[GIVEN INFORMATION — start]

ghost use Rattle.std.specs.Prelude.{◌≡◌, ◌++◌, map, OnOk, string_bytes};
ghost use Rattle.gql_print.specs.Words.{joined, type_words, default_words, variable_words, variables_words};
ghost use Rattle.gql_print.specs.Canonical.{spaced};

use crate::values::{put_directives, put_value, put_variable};
use crate::words::put_name;
use flow_base::Memory;
use gql_terms::{TypeRef, Value, VarDef};

/// Appends a type. Recurses once for each list type and each `!`.
pub fn put_type(out: &mut String, of: &TypeRef) -> Result<(), Memory>
    ensures { OnOk result (string_bytes out.new
        ≡ string_bytes out.old ++ spaced (type_words of.now)) }
{
    match of {
        TypeRef::Named(name) => put_name(out, name)?,
        TypeRef::ListOf(of) => {
            out.push_str("[ ")?;
            put_type(out, of.get())?;
            out.push_str("] ")?;
        }
        TypeRef::NonNull(of) => {
            put_type(out, of.get())?;
            out.push_str("! ")?;
        }
    }
    Ok(())
}

fn put_default(out: &mut String, default: &Option<Value>) -> Result<(), Memory>
    ensures { OnOk result (string_bytes out.new
        ≡ string_bytes out.old ++ spaced (default_words default.now)) }
{
    if let Some(value) = default {
        out.push_str("= ")?;
        put_value(out, value)?;
    }
    Ok(())
}

fn put_definition(out: &mut String, variable: &VarDef) -> Result<(), Memory>
    ensures { OnOk result (string_bytes out.new
        ≡ string_bytes out.old ++ spaced (variable_words variable.now)) }
{
    put_variable(out, &variable.name)?;
    out.push_str(": ")?;
    put_type(out, &variable.of)?;
    put_default(out, &variable.default)?;
    put_directives(out, variable.directives.as_slice())?;
    Ok(())
}

fn put_definitions(out: &mut String, variables: &[VarDef]) -> Result<(), Memory>
    ensures { OnOk result (string_bytes out.new
        ≡ string_bytes out.old ++ spaced (joined (map variable_words variables.now))) }
{
    for i in 0..variables.len() {
        put_definition(out, &variables[i])?;
    }
    Ok(())
}

/// Appends variable definitions in brackets, or nothing where there are none.
pub fn put_variables(out: &mut String, variables: &[VarDef]) -> Result<(), Memory>
    ensures { OnOk result (string_bytes out.new
        ≡ string_bytes out.old ++ spaced (variables_words variables.now)) }
{
    if variables.is_empty() {
        return Ok(());
    }
    out.push_str("( ")?;
    put_definitions(out, variables)?;
    out.push_str(") ")?;
    Ok(())
}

[GIVEN INFORMATION — finish]

§ **ASSIGNMENT**
Each line containing the word "Memory" must be pulled from the listing and copied.

§ **RESPONSE BOX**
use flow_base::Memory;
pub fn put_type(out: &mut String, of: &TypeRef) -> Result<(), Memory>
fn put_default(out: &mut String, default: &Option<Value>) -> Result<(), Memory>
fn put_definition(out: &mut String, variable: &VarDef) -> Result<(), Memory>
fn put_definitions(out: &mut String, variables: &[VarDef]) -> Result<(), Memory>
pub fn put_variables(out: &mut String, variables: &[VarDef]) -> Result<(), Memory>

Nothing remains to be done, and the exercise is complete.